**WORK REQUIRED:** Lines containing the word "harness" are the ones to copy from the records below.
____ SUPPLIED RECORDS
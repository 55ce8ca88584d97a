//! Checks, converts and compares access control lists on standard input.
//!
//! `command` runs the command that the words of a line name. `task` has one file per command with its engine, such as
//! `run_normalize`, and `answer` has what an engine returns.
#![tactic(auto)]

pub mod answer;
pub mod command;
mod input;
pub mod laws;
mod line;
pub mod task;
#[cfg(test)]
mod tests;
mod words;

use acl_perm::Counted;
use answer::RunFault;
use command::{CommandFault, command, fail};
use line::LineFault;
use std::process::ExitCode;
use std::{env, io};

fn main(rt: HostRuntime) -> ExitCode {
    let mut source = Counted::new(rt.stdin());
    let mut out = Counted::new(rt.stdout());
    let mut err = Counted::new(rt.stderr());
    let status = match collect_words(&rt) {
        Ok(words) => {
            // `command` takes slices of words, but the system returns owned strings.
            let texts = words.iter().map(|word| word.as_str());
            match texts.collect::<Vec<&str>>(rt.alloc()) {
                Ok(texts) => command(rt.alloc(), &texts, &mut source, &mut out, &mut err),
                Err(_) => fail(&mut err, CommandFault::Run(RunFault::Memory)),
            }
        }
        Err(fault) => fail(&mut err, CommandFault::from(fault)),
    };
    ExitCode::from(status)
}

// Returns the words of the command line without the program's name.
fn collect_words(rt: &HostRuntime) -> Result<Vec<String>, LineFault> {
    match env::args(rt) {
        Ok(args) => Ok(args.skip(1).collect::<Vec<String>>(rt.alloc())?),
        Err(e) if e.kind() == io::ErrorKind::OutOfMemory => Err(LineFault::Memory),
        Err(_) => Err(LineFault::Usage),
    }
}
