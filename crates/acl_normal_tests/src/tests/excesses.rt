//! Where one list grants more than another: all pairs of short lists over a few principals, for which both searches and
//! `grants` (RFC 8881, section 6.2.1) must say the same.

use super::differences::is_shown_by_grants;
use super::harness::{GROUP, READ_DATA};
use super::small_situations::same_difference;
use acl_lists_for_tests::{ALLOW, AceRow, DENY, built, kept};
use acl_nfs4::{Acl, PushFault};
use acl_normal::internal::{Direction, searched};
use acl_normal::{compare, plain};
use std::alloc::{AllocError, Global};
use std::process::Abort;

// The rows of the short lists.
static FEW: [AceRow; 10] = [
    (ALLOW, 0, READ_DATA, b"OWNER@"),
    (DENY, 0, READ_DATA, b"OWNER@"),
    (ALLOW, 0, READ_DATA, b"a"),
    (DENY, 0, READ_DATA, b"a"),
    (ALLOW, 0, READ_DATA, b"b"),
    (DENY, 0, READ_DATA, b"b"),
    (ALLOW, GROUP, READ_DATA, b"a"),
    (DENY, GROUP, READ_DATA, b"a"),
    (ALLOW, 0, READ_DATA, b"EVERYONE@"),
    (DENY, 0, READ_DATA, b"EVERYONE@"),
];

// At most two of the rows, by a number.
fn short_rows(alloc: Global, number: usize) -> Result<Vec<AceRow>, AllocError> {
    let mut rows = Vec::new(alloc);
    for place in [number / 11, number % 11] {
        if let Some(row) = FEW.get(place) {
            rows.push(*row)?;
        }
    }
    Ok(rows)
}

// The list of the rows with this number.
fn short_list(alloc: Global, number: usize) -> Result<Acl, PushFault> {
    let rows = kept(short_rows(alloc, number))?;
    built(alloc, &rows)
}

// Returns whether there is an excess. The plain search must find the same one, and `grants` must show it.
fn exceeds(rt: &impl Abort, alloc: Global, first: &Acl, second: &Acl) -> Result<bool, AllocError> {
    let found = searched(alloc, Direction::Over, &first.view(), &second.view())?;
    assert!(rt; same_difference(&found, &plain::excess(alloc, first, second)?));
    match &found {
        None => Ok(false),
        Some(d) => {
            assert!(rt; d.first_grants && is_shown_by_grants(first, second, d));
            Ok(true)
        }
    }
}

mod ample {
    use super::*;

    #[test]
    fn the_search_over_a_list_finds_the_same_as_the_plain_search_for_all_short_lists(
        rt: HostRuntime,
    ) -> Result<(), PushFault> {
        let alloc = rt.alloc();
        let mut more = 0u32;
        for number in 0..121 {
            for other in 0..121 {
                let first = short_list(alloc, number)?;
                let second = short_list(alloc, other)?;
                let over = kept(exceeds(&rt, alloc, &first, &second))?;
                let under = kept(exceeds(&rt, alloc, &second, &first))?;
                // Containment both ways is that both grant the same.
                let is_same = kept(compare(alloc, &first, &second))?.is_none();
                assert!(rt; is_same == (!over && !under));
                more = more.saturating_add(u32::from(over));
            }
        }
        assert!(rt; more > 1_000, "{more}");
        Ok(())
    }
}
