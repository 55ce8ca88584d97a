//! Differences of worked pairs of lists. The small situations and their order are those of docs/reference/lists.md, and
//! what the lists grant there follows from the first match (RFC 8881, section 6.2.1). `grants` shows each difference
//! too.

use super::harness::{EXECUTE, GROUP, INHERIT_ONLY, READ_DATA, WRITE_DATA};
use acl_eval::grants;
use acl_lists_for_tests::{ALLOW, AceRow, DENY, built, kept, passes};
use acl_nfs4::{Acl, PushFault};
use acl_normal::{Difference, compare, plain};
use acl_perm::Mask;
use std::alloc::{AllocError, Global};
use std::process::Abort;

/// A difference: the owner, the owning group, the user, the groups, the right, and whether the first list grants it.
pub type Expected = (
    &'static [u8],
    &'static [u8],
    &'static [u8],
    &'static [&'static [u8]],
    u32,
    bool,
);

// Pairs of lists, and the first small situation in which they differ.
static PAIRS: [(&[AceRow], &[AceRow], Option<Expected>); 18] = [
    (
        &[
            (DENY, 0, READ_DATA, b"bob"),
            (ALLOW, 0, READ_DATA, b"alice"),
        ],
        &[
            (ALLOW, 0, READ_DATA, b"alice"),
            (DENY, 0, READ_DATA, b"bob"),
        ],
        None,
    ),
    // A user and a group of one name.
    (
        &[
            (ALLOW, 0, READ_DATA, b"ops"),
            (DENY, GROUP, READ_DATA, b"ops"),
        ],
        &[
            (DENY, GROUP, READ_DATA, b"ops"),
            (ALLOW, 0, READ_DATA, b"ops"),
        ],
        Some((b"oooo", b"gggg", b"ops", &[b"ops"], READ_DATA, true)),
    ),
    // A member of the owning group, which is named too.
    (
        &[
            (DENY, GROUP, READ_DATA, b"staff"),
            (ALLOW, 0, READ_DATA, b"GROUP@"),
        ],
        &[(ALLOW, 0, READ_DATA, b"GROUP@")],
        Some((
            b"oooooo",
            b"staff",
            b"uuuuuu",
            &[b"staff"],
            READ_DATA,
            false,
        )),
    ),
    (
        &[],
        &[(ALLOW, 0, WRITE_DATA, b"EVERYONE@")],
        Some((b"o", b"g", b"u", &[], WRITE_DATA, false)),
    ),
    (
        &[(ALLOW, 0, READ_DATA | EXECUTE, b"OWNER@")],
        &[(ALLOW, 0, READ_DATA, b"OWNER@")],
        Some((b"u", b"g", b"u", &[], EXECUTE, true)),
    ),
    // A user who is the owner.
    (
        &[
            (ALLOW, 0, READ_DATA, b"bob"),
            (DENY, 0, READ_DATA, b"OWNER@"),
        ],
        &[
            (DENY, 0, READ_DATA, b"OWNER@"),
            (ALLOW, 0, READ_DATA, b"bob"),
        ],
        Some((b"bob", b"gggg", b"bob", &[], READ_DATA, true)),
    ),
    // The lowest of several rights.
    (
        &[(ALLOW, 0, EXECUTE | WRITE_DATA, b"EVERYONE@")],
        &[],
        Some((b"o", b"g", b"u", &[], WRITE_DATA, true)),
    ),
    // The owning group alone has a strange name, and the user is in it.
    (
        &[(ALLOW, 0, READ_DATA, b"GROUP@")],
        &[],
        Some((b"o", b"g", b"u", &[b"g"], READ_DATA, true)),
    ),
    // An ACE without rights mentions whom it names, and an ACE that is only inherited does not.
    (
        &[
            (DENY, 0, 0, b"alice"),
            (ALLOW, INHERIT_ONLY, READ_DATA, b"robert"),
        ],
        &[(ALLOW, 0, READ_DATA, b"EVERYONE@")],
        Some((b"oooooo", b"gggggg", b"uuuuuu", &[], READ_DATA, false)),
    ),
    // One principal before two.
    (
        &[
            (ALLOW, 0, READ_DATA, b"amy"),
            (DENY, GROUP, READ_DATA, b"ops"),
            (ALLOW, 0, WRITE_DATA, b"bob"),
        ],
        &[
            (DENY, GROUP, READ_DATA, b"ops"),
            (ALLOW, 0, READ_DATA, b"amy"),
        ],
        Some((b"oooo", b"gggg", b"bob", &[], WRITE_DATA, true)),
    ),
    // Two groups, in order of bytes.
    (
        &[
            (DENY, GROUP, READ_DATA, b"b"),
            (ALLOW, GROUP, READ_DATA, b"a"),
        ],
        &[
            (ALLOW, GROUP, READ_DATA, b"a"),
            (DENY, GROUP, READ_DATA, b"b"),
        ],
        Some((b"oo", b"gg", b"uu", &[b"a", b"b"], READ_DATA, false)),
    ),
    // One more ACE at the front, which denies a right that nobody is allowed.
    (
        &[
            (ALLOW, 0, READ_DATA, b"bob"),
            (ALLOW, 0, WRITE_DATA, b"amy"),
        ],
        &[
            (DENY, 0, EXECUTE, b"carl"),
            (ALLOW, 0, READ_DATA, b"bob"),
            (ALLOW, 0, WRITE_DATA, b"amy"),
        ],
        None,
    ),
    // One more ACE, which takes no part.
    (
        &[
            (DENY, GROUP, READ_DATA, b"ops"),
            (ALLOW, 0, READ_DATA, b"bob"),
        ],
        &[
            (ALLOW, INHERIT_ONLY, READ_DATA | WRITE_DATA, b"ops"),
            (DENY, GROUP, READ_DATA, b"ops"),
            (ALLOW, 0, READ_DATA, b"bob"),
        ],
        None,
    ),
    // Two ACEs in the opposite order, on one right of two.
    (
        &[
            (ALLOW, 0, READ_DATA, b"amy"),
            (DENY, GROUP, WRITE_DATA, b"ops"),
            (ALLOW, 0, WRITE_DATA, b"bob"),
        ],
        &[
            (ALLOW, 0, READ_DATA, b"amy"),
            (ALLOW, 0, WRITE_DATA, b"bob"),
            (DENY, GROUP, WRITE_DATA, b"ops"),
        ],
        Some((b"oooo", b"gggg", b"bob", &[b"ops"], WRITE_DATA, false)),
    ),
    // One right less, on which two principals differ together, but neither does alone.
    (
        &[
            (DENY, 0, READ_DATA | WRITE_DATA, b"bob"),
            (ALLOW, GROUP, READ_DATA | WRITE_DATA, b"staff"),
        ],
        &[
            (DENY, 0, READ_DATA, b"bob"),
            (ALLOW, GROUP, READ_DATA | WRITE_DATA, b"staff"),
        ],
        Some((b"oooooo", b"gggggg", b"bob", &[b"staff"], WRITE_DATA, false)),
    ),
    // An ACE of everyone decides before one of a user, and another one after it.
    (
        &[
            (ALLOW, 0, READ_DATA, b"EVERYONE@"),
            (DENY, 0, READ_DATA | WRITE_DATA, b"bob"),
            (ALLOW, 0, WRITE_DATA, b"EVERYONE@"),
        ],
        &[(ALLOW, 0, READ_DATA | WRITE_DATA, b"EVERYONE@")],
        Some((b"oooo", b"gggg", b"bob", &[], WRITE_DATA, false)),
    ),
    // One more ACE in the middle and one right less after it, of which nothing is seen.
    (
        &[
            (ALLOW, GROUP, READ_DATA, b"ops"),
            (ALLOW, 0, READ_DATA, b"EVERYONE@"),
            (DENY, 0, READ_DATA | EXECUTE, b"bob"),
        ],
        &[
            (ALLOW, GROUP, READ_DATA, b"ops"),
            (ALLOW, 0, READ_DATA, b"amy"),
            (ALLOW, 0, READ_DATA, b"EVERYONE@"),
            (DENY, 0, EXECUTE, b"bob"),
        ],
        None,
    ),
    (&[], &[], None),
];

fn same_names(names: &[Vec<u8>], others: &[&[u8]]) -> bool {
    for (name, other) in names.iter().zip(others) {
        if name.as_slice() != *other {
            return false;
        }
    }
    names.len() == others.len()
}

fn is_as_expected(
    d: &Difference,
    (owner, group, user, groups, right, first_grants): Expected,
) -> bool {
    d.owner.as_slice() == owner
        && d.group.as_slice() == group
        && d.user.as_slice() == user
        && same_names(&d.groups, groups)
        && d.bit.bits() == right
        && d.first_grants == first_grants
}

/// Returns whether the answer is the expected one.
pub fn is_expected(answer: &Option<Difference>, expected: Option<Expected>) -> bool {
    match (answer, expected) {
        (None, None) => true,
        (Some(d), Some(expected)) => is_as_expected(d, expected),
        _ => false,
    }
}

/// Returns whether the first list grants the requester the right exactly as the difference says, and the second list
/// does the opposite.
pub fn is_shown_by_grants(first: &Acl, second: &Acl, d: &Difference) -> bool {
    let names = d.requester_names();
    let (object, requester) = (d.object(), names.requester());
    let one = grants(first.aces(), &object, &requester, d.bit);
    let other = grants(second.aces(), &object, &requester, d.bit);
    one == d.first_grants && other != d.first_grants && Mask::from(d.right()) == d.bit
}

// Returns whether the search finds this difference, and `grants` shows it.
fn is_found(
    alloc: Global,
    first: &Acl,
    second: &Acl,
    expected: Option<Expected>,
) -> Result<bool, AllocError> {
    let found = compare(alloc, first, second)?;
    let is_shown = match &found {
        Some(d) => is_shown_by_grants(first, second, d),
        None => true,
    };
    Ok(is_shown && is_expected(&found, expected))
}

// Returns whether the plain search finds this difference.
fn is_found_plainly(
    alloc: Global,
    first: &Acl,
    second: &Acl,
    expected: Option<Expected>,
) -> Result<bool, AllocError> {
    let found = plain::compare(alloc, first, second)?;
    Ok(is_expected(&found, expected))
}

/// Both searches find the first small situation of each pair.
pub fn worked_pairs(rt: &impl Abort, alloc: Global) -> Result<(), PushFault> {
    for (rows, others, expected) in &PAIRS {
        let first = built(alloc, rows)?;
        let second = built(alloc, others)?;
        assert!(rt; kept(is_found(alloc, &first, &second, *expected))?);
        assert!(rt; kept(is_found_plainly(alloc, &first, &second, *expected))?);
    }
    Ok(())
}

#[test]
fn compare_finds_the_first_small_situation_in_which_two_lists_differ(rt: HostRuntime) {
    assert!(rt; passes(worked_pairs(&rt, rt.alloc())));
}
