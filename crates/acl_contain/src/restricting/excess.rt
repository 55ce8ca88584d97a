//! Which ALLOWs of a list exceed the bound on one right, by the first ACEs that concern each principal.
ghost use Rattle.std.specs.Prelude.{◌&&◌, ◌<◌, ◌≡◌};
ghost use Rattle.acl_perm.specs.Kind.{is_allow};
ghost use Rattle.acl_normal.specs.internal.comparison.FirstPlaces.{IsWhomWithin};
ghost use Rattle.acl_normal.specs.Common.{IfOk, has_bit, vec_len};
ghost use Rattle.acl_contain.specs.internal.Limits.{AreLimits, NameSome, exceeds, whom_exceeds};

use super::limits::Limits;
use super::named::Named;
use acl_nfs4::AceRef;
use acl_normal::internal::{Class, Whom, denied_before, placings};
use acl_perm::Right;
use acl_perm::internal::Bit;
use std::alloc::{AllocError, Global};

impl Limits {
    pub(crate) fn of(alloc: Global, named: &Named<'_>, right: Right) -> Result<Limits, AllocError>
        requires { NameSome named.now }
        ensures { IfOk result (AreLimits named.now right.bit) }
    {
        let placings = placings(
            alloc,
            &named.whole,
            &named.list,
            &named.bound,
            Bit::from(right),
        )?;
        let size = named.list.aces.len().max(named.bound.aces.len());
        let users = denied_before(alloc, &placings, size, Class::Users)?;
        let others = denied_before(alloc, &placings, size, Class::Others)?;
        Ok(Limits {
            placings,
            users,
            others,
        })
    }

    // Whether an ALLOW at a place, of the principal with a number, grants somebody what the bound denies.
    fn exceeds(&self, number: usize, place: usize) -> bool
        requires { number < vec_len self.now.placings }
        ensures { result ≡ exceeds self.now number place }
    {
        let placing = self.placings[number];
        if placing.here.place < place {
            return false;
        }
        if !placing.there.allows() {
            return true;
        }
        let before = if placing.class.is_users() {
            &self.users
        } else {
            &self.others
        };
        place < before[placing.there.place]
    }
}

/// Returns whether an ACE at a place is an ALLOW that grants somebody the right whom the bound denies it.
pub(crate) fn is_excess(
    limits: &Limits,
    item: &AceRef<'_>,
    whom: Whom,
    place: usize,
    right: Right,
) -> bool
    requires whom { IsWhomWithin whom (vec_len limits.now.placings) }
    requires some { 0 < vec_len limits.now.placings }
    ensures { result ≡ ((is_allow item.now.kind && has_bit item.now.mask.bits right.bit)
        && whom_exceeds limits.now whom place) }
{
    if !item.kind.is_allow() || !item.mask.has(right) {
        return false;
    }
    match whom {
        Whom::Nobody => false,
        Whom::One(number) => limits.exceeds(number, place),
        Whom::Everyone => limits.exceeds(limits.placings.len() - 1, place),
    }
}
________
**ANSWER BOX:**
use super::harness::{GROUP, READ_DATA};
use super::harness::{EXECUTE, GROUP, INHERIT_ONLY, READ_DATA, WRITE_DATA};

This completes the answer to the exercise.